Qual a sua primeira impressão do Brasil?

Incrível! Porque eu cheguei no aeroporto e logo vi um café!!!! [risos]. Sou viciado em café. Mas gosto de café de verdade e o brasileiro é maravilhoso. Eu amei. Então diria que essa foi minha primeira impressão [risos]. Minha segunda foi ver pessoas realmente incríveis, lindas e amigáveis. Muito amigáveis, fáceis de você abordar e conversar. Eu viajo muito e posso dizer que não é assim em todos os países.

Mesmo? Tem-se questionado muito por aqui se somos de fato amigáveis.

Por quê?

Há tanta coisa acontecendo…

Mas no mundo inteiro… Não sei, eu senti esse clima amigável aqui. Talvez porque eu seja uma pessoa amigável. Eu acredito em energia. Então, se eu chegar para você e perguntar onde é o banheiro de uma forma brusca, dura, é totalmente diferente de chegar e perguntar a mesma coisa só que com um sorriso no rosto, dando um “oi” antes. De qualquer forma, todos têm sido tremendamente doces e gentis. E outra coisa: a comida… Eu amo peixe, por exemplo, e o peixe aqui é incrível. Enfim, eu amo comida, café e pessoas, e vocês têm tudo isso [risos].

Sobre a conferência, qual você diria que é a importância de realizá-la num país como o Brasil – que, entre outros problemas ligados a essa temática, tem níveis assustadores de morte de pessoas transexuais?

É justamente por isso! Há cinco ou seis meses eu mesmo não sabia do número de mortes de pessoas LGBTQIA aqui. E fiquei chocado! Boa parte do mundo não entende isso. Então, é claro que temos que fazer essa conferência no Brasil. É uma questão de direitos humanos, e não apenas de direitos dos brasileiros, as pessoas viverem suas vidas do modo como elas quiserem. Desde que você não mate ninguém, é seu direito ser gay, ser hétero, ser negro, ser branco, ser quem você é e quem você quiser ser. Então, o fato de haver pessoas por aí que estão nos assassinando é muito grave. Como ativista, eu tenho a voz para vir a lugares como o Brasil, onde minha “voz branca” é tão poderosa. Eu sou privilegiado por ser um homem branco hoje – eu era uma mulher gay branca.

E você pensa sobre esse viés racial nas suas ações?

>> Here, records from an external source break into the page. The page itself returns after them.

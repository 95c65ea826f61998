//! What a set tells of itself, and what is done with its slots.
ghost use Rattle.std.specs.Prelude.{◌≡◌, ◌<◌, ◌↔◌, IsTrue, List, None, IfOk, IfErr};
ghost use Rattle.std.specs.String.{string_bytes};
ghost use Rattle.array_io.specs.Believed.OpenArray.{IsHonest};
ghost use Rattle.superblock.specs.NextTables.{slots_of};
ghost use Rattle.superblock.specs.Tables.{state_at};
ghost use Rattle.volume_table.specs.OpenStore.{store_view};
ghost use Rattle.volume_table.specs.Volumes.{Block};
ghost use Rattle.requests.specs.Demands.{FailSlot, RebuildSteps, ReplaceSlot, Status as AsksStatus};
ghost use Rattle.server.specs.Answers.{IsMissingSlot, IsServed, StatusIsTold, TellsStatus, slot_of};
ghost use Rattle.server.specs.Outcomes.{told_in};

use super::{Outcome, outcome_of};
use report::to_json;
use sector_model::{Bank, Refusal};
use set_commands::rebuild_rows;
use std::alloc::Global;
use superblock::{State, Table};
use volume_table::Store;

// Tells how the set stands.
pub(super) fn answer_status<B: Bank>(store: &Store<B>, alloc: Global) -> Outcome
    ensures { (buffer : List Block) → store.now.ended ≡ None → IsServed (IsHonest store.now.array) AsksStatus
        (store_view store.now) (store_view store.now) (told_in result buffer) }
{
    match status_text(store, alloc) {
        Ok(text) => Outcome::Status(text),
        Err(refusal) => Outcome::Refused(refusal),
    }
}

// The status as a JSON object in one line, without the line's end. `Memory` where there is none for it.
fn status_text<B: Bank>(store: &Store<B>, alloc: Global) -> Result<String, Refusal>
    ensures text { store.now.ended ≡ None → IfOk result (λ text. StatusIsTold (store_view store.now)
        (TellsStatus (string_bytes text))) }
    ensures memory { store.now.ended ≡ None → IfErr result (λ refusal. refusal ≡ Refusal.Memory) }
{
    let status = store.status()?;
    let value = to_json(alloc, &status)?;
    let text = value.to_string(alloc)?;
    Ok(text)
}

// Gives the slot up that a number says.
pub(super) fn answer_fail<B: Bank>(store: &mut Store<B>, number: u32) -> Outcome
    ensures honest { IsHonest store.old.array ↔ IsHonest store.new.array }
    ensures served { (buffer : List Block) → store.old.ended ≡ None → IsServed (IsHonest store.old.array)
        (FailSlot number) (store_view store.old) (store_view store.new) (told_in result buffer) }
{
    outcome_of(store.fail(said_slot(number)))
}

// Refuses to replace a slot that is not a missing one of the set (condition).
pub(super) fn answer_replace<B: Bank>(store: &Store<B>, number: u32) -> Outcome
    requires { ¬ IsMissingSlot store.now.array.table (slot_of number) }
    ensures { (buffer : List Block) → store.now.ended ≡ None → IsServed (IsHonest store.now.array)
        (ReplaceSlot number) (store_view store.now) (store_view store.now) (told_in result buffer) }
{
    Outcome::Refused(Refusal::NotMissing)
}

// Makes so many steps of the rebuild, one at least.
pub(super) fn answer_rebuild<B: Bank>(store: &mut Store<B>, steps: u32) -> Outcome
    ensures honest { IsHonest store.old.array ↔ IsHonest store.new.array }
    ensures served { (buffer : List Block) → store.old.ended ≡ None → IsServed (IsHonest store.old.array)
        (RebuildSteps steps) (store_view store.old) (store_view store.new) (told_in result buffer) }
{
    match rebuild_rows(store, Some(steps as u64)) {
        Ok(progress) => {
            let geometry = store.array.table.geometry;
            Outcome::Progress(progress, geometry.format, geometry.rows())
        }
        Err(refusal) => Outcome::Refused(refusal),
    }
}

/// Whether the slot that a number says is one of the set and has no device.
pub(crate) fn is_missing_slot<B: Bank>(store: &Store<B>, number: u32) -> bool
    ensures { IsTrue result ↔ IsMissingSlot store.now.array.table (slot_of number) }
{
    let slot = said_slot(number);
    if slot >= store.array.table.geometry.members + 2 {
        return false;
    }
    is_missing(&store.array.table, slot)
}

// Whether a slot of the set has no device.
fn is_missing(table: &Table, slot: u8) -> bool
    requires { slot < slots_of table.now }
    ensures { IsTrue result ↔ (state_at table.now.states slot ≡ State.Missing) }
{
    match table.states[slot as usize] {
        State::Missing => true,
        State::InSync | State::Rebuilding => false,
    }
}

/// The slot that a number says: 255, which no set has, for each number above.
pub(crate) fn said_slot(number: u32) -> u8
    ensures { result ≡ slot_of number }
{
    number.min(255) as u8
}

Todo o tempo. Porque eu sei que ter me tornado um homem branco me deu poder. Muitos dos meus amigos são negros, minha vida inteira eu convivi com pessoas negras, por isso acho tão importante ser capaz de usar minha voz privilegiada numa arena como essa. É muito interessante observar como as pessoas me ouvem mais, por seu ser um homem trans branco, do que ouviriam um homem trans negro ou um gay negro. É muito triste, mas é a realidade. E a gente precisa tirar vantagem da realidade que temos. Eu me sinto muito honrado, e com sorte, por ser essa pessoa que pode promover mudanças no mundo. Você sabe o quão poderoso é isso? Sempre me emociono quando digo isso, porque eu não era assim. Eu era uma pessoa que me cortava, que já quis me matar, tinha uma vida horrível. E agora cá estou eu, no Brasil, entre essas pessoas lindas e amáveis.

E interessadas em ouvir o que você tem a dizer.

Exato. Isso é muita coisa. Você e eu juntos podermos provocar mudanças.

E o que você espera que vai acontecer por aqui ao longo desses seis dias?

Estou com muita expectativa. Mas de um jeito bom e realista. Muitas pessoas passarão por aqui e muita coisa vai mudar. Há muitas diferenças entre as tantas vozes da comunidade – aqui e no mundo todo –, mas isso é assim com todas as comunidades. Mas estamos aqui por único motivo: mudança. Todos estão cansados do modo como as coisas estão. Aqui, no Brasil, vocês estão cansados de sentir medo de andar na rua – gay, trans etc. – e serem mortos ou mesmo xingados de bicha, sapatão, o que seja. Chega! Estamos em 2015. Essa merda não pode continuar acontecendo.

Você é um otimista?

Dos grandes [risos]. 100%. Sou o cara que sempre olha as coisas de uma maneira positiva, porque eu acredito que se você expressa positividade será isso que você vai receber em troca. O copo está meio cheio. E funciona para mim. Ser uma pessoa positiva faz parte de uma atitude de mudança.